3217
safî galatarasay taraftarı olarak kulüp içinde olup bitenleri bilemem sadece medyada gördüğüm/duyduğum kadarıyla yorumlayabilir olayları. ünal aysal iyi bir başkan deyip asıl anlatmak istediğim kısma geçiyorum.
eğer işler istediğiniz gibi gitmezse bunu nasıl açıklarsınız?
her şeyden önce ünal aysal neden bu kadar başarılı. inanıyorumki iki senede gelen yeniliklerden daha yenilikçi kendi içindeki rekabetten daha rekabetçi olduğu için. ama sonuçta o da sadece herkes gibi. o da ondan önce gelen başkanda veya başkanlarda olan aynı olumsuzluklara aynı taraftara aynı camiyaya aynı medyaya sahip. o halde neden bir şeyler farklı gibi gözüküyor.
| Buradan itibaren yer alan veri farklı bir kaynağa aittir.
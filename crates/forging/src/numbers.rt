// A detector as scripts and answers number it.
use detectors::motion::{MotionConfig, MotionState};
use detectors::presence::{PresenceConfig, PresenceState};
use detectors::quality::{QualityConfig, QualityState};
use drift::{BaselineDriftConfig, DriftState};
use slots::{Detector, DetectorConfig, DetectorKind};

// Four words of the settings, in the order of their fields, and the state. What a kind does not have is 0.
#[derive(Clone, Copy)]
pub struct Numbers {
    pub words: [u32; 4],
    // 1 where it is on; of a drift detector the length of its baseline and one, 0 where there is none
    pub switch: u64,
    pub streak: u32,
    // whether calibration was asked for
    pub calibration: bool,
}

impl From<Detector> for Numbers {
    fn from(d: Detector) -> Self {
        match d {
            Detector::Presence(c, s) => Numbers {
                words: [
                    floats::to_bits(c.on_threshold),
                    floats::to_bits(c.off_threshold),
                    c.enter_windows,
                    c.exit_windows,
                ],
                switch: u64::from(s.present),
                streak: s.streak,
                calibration: false,
            },
            Detector::Motion(c, s) => Numbers {
                words: [
                    floats::to_bits(c.on_threshold),
                    floats::to_bits(c.off_threshold),
                    c.debounce_windows,
                    0,
                ],
                switch: u64::from(s.moving),
                streak: s.streak,
                calibration: false,
            },
            Detector::Quality(c, s) => Numbers {
                words: [
                    floats::to_bits(c.drop_threshold),
                    c.debounce_windows,
                    c.calib_windows,
                    0,
                ],
                switch: u64::from(s.dropped_emitted),
                streak: s.low_streak,
                calibration: s.calib_emitted,
            },
            Detector::Drift(c, s) => Numbers {
                words: [
                    floats::to_bits(c.drift_threshold),
                    c.drift_windows,
                    floats::to_bits(c.anomaly_threshold),
                    floats::to_bits(c.ewma_alpha),
                ],
                switch: from_baseline(s.baseline),
                streak: s.drift_streak,
                calibration: false,
            },
        }
    }
}

impl Numbers {
    // The detector that they number, of the kind of d.
    pub fn detector(self, d: Detector) -> Detector {
        let streak = self.streak;
        let on = self.switch != 0;
        match d {
            Detector::Presence(_, _) => Detector::Presence(
                presence(self.words),
                PresenceState {
                    present: on,
                    streak,
                },
            ),
            Detector::Motion(_, _) => {
                Detector::Motion(motion(self.words), MotionState { moving: on, streak })
            }
            Detector::Quality(_, _) => Detector::Quality(
                quality(self.words),
                QualityState {
                    low_streak: streak,
                    dropped_emitted: on,
                    calib_emitted: self.calibration,
                },
            ),
            Detector::Drift(_, _) => Detector::Drift(
                drift(self.words),
                DriftState {
                    baseline: baseline(self.switch),
                    drift_streak: streak,
                },
            ),
        }
    }
}

fn from_baseline(length: Option<usize>) -> u64 {
    length.map_or(0, |n| (n as u64).wrapping_add(1))
}

fn baseline(switch: u64) -> Option<usize> {
    switch.checked_sub(1).map(|n| n as usize)
}

// ---- settings

// By their words. Functions and no `From`, as the settings are another crate's types.
fn presence([on, off, enter_windows, exit_windows]: [u32; 4]) -> PresenceConfig {
    PresenceConfig {
        on_threshold: floats::from_bits(on),
        off_threshold: floats::from_bits(off),
        enter_windows,
        exit_windows,
    }
}

fn motion([on, off, debounce_windows, _]: [u32; 4]) -> MotionConfig {
    MotionConfig {
        on_threshold: floats::from_bits(on),
        off_threshold: floats::from_bits(off),
        debounce_windows,
    }
}

fn quality([drop, debounce_windows, calib_windows, _]: [u32; 4]) -> QualityConfig {
    QualityConfig {
        drop_threshold: floats::from_bits(drop),
        debounce_windows,
        calib_windows,
    }
}

fn drift([threshold, drift_windows, anomaly, alpha]: [u32; 4]) -> BaselineDriftConfig {
    BaselineDriftConfig {
        drift_threshold: floats::from_bits(threshold),
        drift_windows,
        anomaly_threshold: floats::from_bits(anomaly),
        ewma_alpha: floats::from_bits(alpha),
    }
}

// The kind of a number, if it is one's. No `TryFrom`, as both types are another crate's.
pub fn kind(number: u8) -> Option<DetectorKind> {
    match number {
        0 => Some(DetectorKind::Presence),
        1 => Some(DetectorKind::Motion),
        2 => Some(DetectorKind::Quality),
        3 => Some(DetectorKind::Drift),
        _ => None,
    }
}

// The settings of a detector of this kind.
pub fn settings(kind: DetectorKind, words: [u32; 4]) -> DetectorConfig {
    match kind {
        DetectorKind::Presence => DetectorConfig::Presence(presence(words)),
        DetectorKind::Motion => DetectorConfig::Motion(motion(words)),
        DetectorKind::Quality => DetectorConfig::Quality(quality(words)),
        DetectorKind::Drift => DetectorConfig::Drift(drift(words)),
    }
}
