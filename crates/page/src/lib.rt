// The lines that `key` prints, written into a lent buffer. Verdicts and refusals come as the document's numbers, which are what is printed.
#![tactic(auto)]

mod blocked;
mod first_lines;
mod plan;
mod writing;

ghost use Rattle.std.specs.Prelude.{◌≤◌, length};
ghost use Rattle.page.specs.Page.{key_page, refused_page, too_long_page};
ghost use Rattle.page.specs.Writing.{entries_in, Begins, Writable};

use crate::writing::Writing;
use model::Summary;

// The page of a board that is not turned back: the words are its plan, the carriers its blocked list.
pub fn write_key(
    summary: Summary,
    verdict: u32,
    plan: &[u16],
    list: &[u16],
    page: &mut [u8],
) -> usize
    requires { Writable summary verdict plan.now list.now page.old }
    ensures { Begins (key_page summary verdict (entries_in plan.now) list.now) page.old page.new result }
{
    let mut writing = Writing::begin(page);
    writing.put_first_lines(summary, verdict as usize);
    writing.put_plan(plan);
    writing.put_text(b"blocked");
    writing.put_list(list);
    writing.put_text(b"\n");
    writing.length()
}

// The page of a board that is turned back.
pub fn write_refused(number: u32, page: &mut [u8]) -> usize
    requires { length (refused_page number) ≤ length page.old }
    ensures { Begins (refused_page number) page.old page.new result }
{
    let mut writing = Writing::begin(page);
    writing.put_labelled(b"refused ", number as usize);
    writing.put_text(b"\n");
    writing.length()
}

// The page of more bytes than a board has.
pub fn write_too_long(page: &mut [u8]) -> usize
    requires { length too_long_page ≤ length page.old }
    ensures { Begins too_long_page page.old page.new result }
{
    let mut writing = Writing::begin(page);
    writing.put_text(b"too long\n");
    writing.length()
}
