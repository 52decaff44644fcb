// The first two lines of a page.
ghost use Rattle.page.specs.Page.{first_lines};
ghost use Rattle.page.specs.Writing.{TextRoom, Put};

use crate::writing::Writing;
use model::Summary;

impl Writing<'_> {
    // Counts P, Z, C, and the verdict.
    pub fn put_first_lines(&mut self, summary: Summary, verdict: usize)
        requires { TextRoom (first_lines summary verdict) self.old }
        ensures { Put (first_lines summary verdict) self.old self.new }
    {
        self.put_labelled(b"board ", summary.points);
        self.put_labelled(b" points ", summary.zones);
        self.put_labelled(b" zones ", summary.out);
        self.put_labelled(b" out\nverdict ", verdict);
        self.put_text(b"\n");
    }
}
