// The blocked list: each carrier after a space, or none.
ghost use Rattle.page.specs.Page.{decimal, spaced, blocked_text};
ghost use Rattle.page.specs.Writing.{TextRoom, Put};

use crate::writing::Writing;

impl Writing<'_> {
    // Each carrier after a space. Like `put_words`: a trait for the one call in which they differ would be longer than both.
    pub fn put_carriers(&mut self, list: &[u16])
        requires { TextRoom (spaced decimal list.now) self.old }
        ensures { Put (spaced decimal list.now) self.old self.new }
    {
        for carrier in list {
            self.put_text(b" ");
            self.put_decimal(*carrier as usize);
        }
    }

    // The carriers, or `none` where there is none.
    pub fn put_list(&mut self, list: &[u16])
        requires { TextRoom (blocked_text list.now) self.old }
        ensures { Put (blocked_text list.now) self.old self.new }
    {
        let none = list.is_empty();
        if none {
            self.put_text(b" none");
        } else {
            self.put_carriers(list);
        }
    }
}
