// One single move in code, on a track and a lent position: it is tested by the moving rules and done where they allow it.
#![tactic(auto)]

ghost use Rattle.std.specs.Prelude.{◌≡◌, ◌<◌, ◌*◌, length, IfSome};
ghost use Rattle.model.specs.Track.{track_in};
ghost use Rattle.model.specs.Accepted.{Ready};
ghost use Rattle.rules.specs.Key.{zone_for};
ghost use Rattle.rules.specs.SingleMoves.{may_go_from};
ghost use Rattle.movelog.specs.Log.{move_said};
ghost use Rattle.mover.specs.MoveTried.{option_in, MoveTried};

use model::Track;

// In the place of a word: into home. It stays a number, since `carry_out` takes a move as a log names it (docs/DECISIONS.md, 48).
const HOME: u16 = 65535;

// The zone where the carrier stands, where it stands in one. A move's time is this look, so the loop looks at four zones in each turn, with one test
// for all four: where one of them holds the carrier, or fewer are left, the rest is looked at zone by zone.
fn zone_for(position: &[u32], carrier: u32) -> Option<usize>
    ensures found { option_in result ≡ zone_for position.now carrier }
    ensures within { IfSome result (λ zone. zone < length position.now) }
{
    let mut left = position;
    while let [a, b, c, d, others @ ..] = left {
        let here = (*a / 2 == carrier)
            | (*b / 2 == carrier)
            | (*c / 2 == carrier)
            | (*d / 2 == carrier);
        if here {
            break;
        }
        left = others;
    }
    let passed = position.len() - left.len();
    let zone = left.iter().position(|held| *held / 2 == carrier)?;
    Some(passed + zone)
}

// Whether a carrier that leaves its zone at the point may go into word w.
fn may_go_from(track: &Track, position: &[u32], point: usize, w: usize) -> bool
    requires { (length track.now.ends.now ≡ 2 * track.now.head.zones) × (length position.now ≡ track.now.head.zones) }
    ensures { result ≡ may_go_from (track_in track.now) position.now point w }
{
    // The home gate takes in every arrival.
    point != track.head.home
        && w < 2 * track.head.zones
        && position[w / 2] == 0
        && track.ends[w] == point
}

// The move that a pair of a log says: the carrier goes into the zone of the word entered, or into home. Gives whether it was done; where the
// rules forbid it, nothing changes.
// Track and position aren't one struct with `Ready` as its field: lent as `&mut`, it would have to promise too that its track and its slice stay.
pub fn carry_out(track: &Track, position: &mut [u32], carrier: u16, entered: u16) -> bool
    requires { Ready (track_in track.now) position.old }
    ensures { MoveTried (track_in track.now) position.old (move_said carrier entered) result position.new }
{
    let number = carrier as u32;
    if number == 0 {
        return false;
    }
    let Some(zone) = zone_for(position, number) else {
        return false;
    };
    let heading = (position[zone] % 2) as usize;
    let point = word::leaving(track.ends, 2 * zone + heading);
    if entered == HOME {
        let elsewhere = point != track.head.home;
        if elsewhere {
            return false;
        }
        position[zone] = 0;
        return true;
    }
    let w = entered as usize;
    if !may_go_from(track, position, point, w) {
        return false;
    }
    position[zone] = 0;
    position[w / 2] = 2 * number + (w % 2) as u32;
    true
}
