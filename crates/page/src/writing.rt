// A page in the writing: texts and numbers put one after another.
ghost use Rattle.std.specs.Prelude.{◌≡◌};
ghost use Rattle.page.specs.Page.{decimal, labelled};
ghost use Rattle.page.specs.Writing.{TextRoom, Put, Begun};

// A lent page, and the place up to which it is written.
#[derive(Drop)]
pub struct Writing<'a> {
    page: &'a mut [u8],
    at: usize,
}

impl<'a> Writing<'a> {
    // Nothing is written yet.
    pub fn begin(page: &'a mut [u8]) -> Writing<'a>
        ensures begun { Begun page.old result }
        ensures same_page { result.page.ghost_name ≡ page.entry.ghost_name }
    {
        Writing { page, at: 0 }
    }

    // How many bytes are written.
    pub fn length(&self) -> usize
        ensures { result ≡ self.now.at }
    {
        self.at
    }

    // All bytes of a text.
    pub fn put_text(&mut self, text: &[u8])
        requires { TextRoom text.now self.old }
        ensures { Put text.now self.old self.new }
    {
        let end = self.at + text.len();
        self.page[self.at..end].copy_from_slice(text);
        self.at = end;
    }

    // In decimal: what stands before the last digit first. With the kit's `itoa` it is one call, and one more crate below `key` to be trusted.
    pub fn put_decimal(&mut self, n: usize)
        requires { TextRoom (decimal n) self.old }
        ensures { Put (decimal n) self.old self.new }
    {
        if n >= 10 {
            self.put_decimal(n / 10);
        }
        self.put_text(&[b'0' + (n % 10) as u8]);
    }

    // A number after a text.
    pub fn put_labelled(&mut self, label: &[u8], n: usize)
        requires { TextRoom (labelled label.now n) self.old }
        ensures { Put (labelled label.now n) self.old self.new }
    {
        self.put_text(label);
        self.put_decimal(n);
    }
}
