// The lines of a plan: a carrier that goes home in each, and its route.
ghost use Rattle.page.specs.Page.{word_text, spaced, entry_line, entry_lines};
ghost use Rattle.page.specs.Writing.{TextRoom, Put, IsPlan, entries_in};

use crate::writing::Writing;

impl Writing<'_> {
    // A zone with + for heading 0 and - for 1.
    pub fn put_word(&mut self, word: usize)
        requires { TextRoom (word_text word) self.old }
        ensures { Put (word_text word) self.old self.new }
    {
        self.put_decimal(word / 2);
        self.put_text(if word % 2 == 0 { b"+" } else { b"-" });
    }

    // Each word after a space.
    pub fn put_words(&mut self, words: &[u16])
        requires { TextRoom (spaced word_text words.now) self.old }
        ensures { Put (spaced word_text words.now) self.old self.new }
    {
        for word in words {
            self.put_text(b" ");
            self.put_word(*word as usize);
        }
    }

    // A line: the carrier, and its route.
    pub fn put_entry(&mut self, carrier: usize, words: &[u16])
        requires { TextRoom (entry_line (record { carrier = carrier; words = words.now })) self.old }
        ensures { Put (entry_line (record { carrier = carrier; words = words.now })) self.old self.new }
    {
        self.put_labelled(b"home ", carrier);
        self.put_text(b":");
        self.put_words(words);
        self.put_text(b"\n");
    }

    // For each carrier its number, the count of words, the words.
    pub fn put_plan(&mut self, plan: &[u16])
        requires plan { IsPlan plan.now }
        requires room { TextRoom (entry_lines (entries_in plan.now)) self.old }
        ensures { Put (entry_lines (entries_in plan.now)) self.old self.new }
    {
        let mut left = plan;
        while let [carrier, count, after @ ..] = left {
            let (words, entries) = after.split_at(*count as usize);
            self.put_entry(*carrier as usize, words);
            left = entries;
        }
    }
}
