ghost use Rattle.std.specs.Prelude.{◌≡◌, ◌<◌, ℕ, [], ◌∷◌, ◌++◌, length, slice_get, Some, OnOk, OnErr};
ghost use Rattle.rp_terms.specs.means.Latest.{IsLatest};

use indexmap::IndexMap;
use rp_value::{List, Memory};
use std::alloc::Global;
use std::marker::Model;

/// A hash by its number, and the last number before it that has the same hash.
#[derive(Clone, Copy)]
struct Link {
    hash: u64,
    before: Option<u32>,
}

/// The hashes of numbers, in their order. The numbers of one hash are found from the last one back.
#[derive(Drop)]
pub struct Hashes {
    last: IndexMap<u64, u32>,
    links: List<Link>,
}

impl Model for Hashes {
    ghost use Rattle.std.specs.Prelude.{List, ℕ};
    ghost use Rattle.rp_terms.specs.means.Links.{hashes_of, AreLinked};

    ghost Value = { List ℕ };

    ghost view = { λ h. hashes_of h.links };

    ghost invariant = { λ h. AreLinked h.last h.links };
}

impl Hashes {
    pub fn new(alloc: Global) -> Hashes
        ensures { result ≡ [] }
    {
        Hashes {
            last: IndexMap::new(alloc),
            links: List::new(alloc),
        }
    }

    /// The hash of a number.
    pub fn get(&self, id: u32) -> u64
        requires { id < length self.now }
        ensures { slice_get self.now id ≡ Some result }
    {
        self.links.get(id as usize).hash
    }

    /// The last number that has the hash.
    pub fn last(&self, hash: u64) -> Option<u32>
        ensures { IsLatest hash self.now (length self.now) result }
    {
        self.last.get(&hash).copied()
    }

    /// The last number before this one that has the same hash.
    pub fn before(&self, id: u32) -> Option<u32>
        requires { id < length self.now }
        ensures { (hash : ℕ) → slice_get self.now id ≡ Some hash → IsLatest hash self.now id result }
    {
        self.links.get(id as usize).before
    }

    /// Gives the next number a hash.
    pub fn push(&mut self, hash: u64) -> Result<(), Memory>
        ensures ok { OnOk result (self.new ≡ self.old ++ hash ∷ []) }
        ensures err { OnErr result (self.new ≡ self.old) }
    {
        let before = self.last(hash);
        let id = self.links.count();
        self.links.push(Link { hash, before })?;
        match self.last.insert(hash, id) {
            Ok(_) => Ok(()),
            Err(_) => {
                let _gone = self.links.pop();
                Err(Memory)
            },
        }
    }
}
ve neden galatasaray son iki senede bu kadar başarılı oldu da, aynı zaman diliminde, ekonomisi daha düzgün, takımları oturmuş ve yıldızlarla dolu, taraftarıyla barışık, medya ve birçok konuda daha iyi finanse edilmiş takımlar bu başarıyı yakalayamadı da galatasaray onları alt etti. burada başka bir şeyin rol aldığını görüyoruz.
dünya da başarıyı yakalamış kişiler aynı şekilde düşünür, başarıyı yakalayamayanlarsa tam tersi.
tüm takımlar ve başkanları ne yaptıklarını biliyorlar, istisnasız. bazıları nasıl yapıldığını biliyorlar. ama çok azı niçin yaptıklarını biliyor. niçin ile demek istediğim: amaç nedir? bunu yapmaktaki sebep nedir? inancın nedir? niçin mevcut olmaktayız?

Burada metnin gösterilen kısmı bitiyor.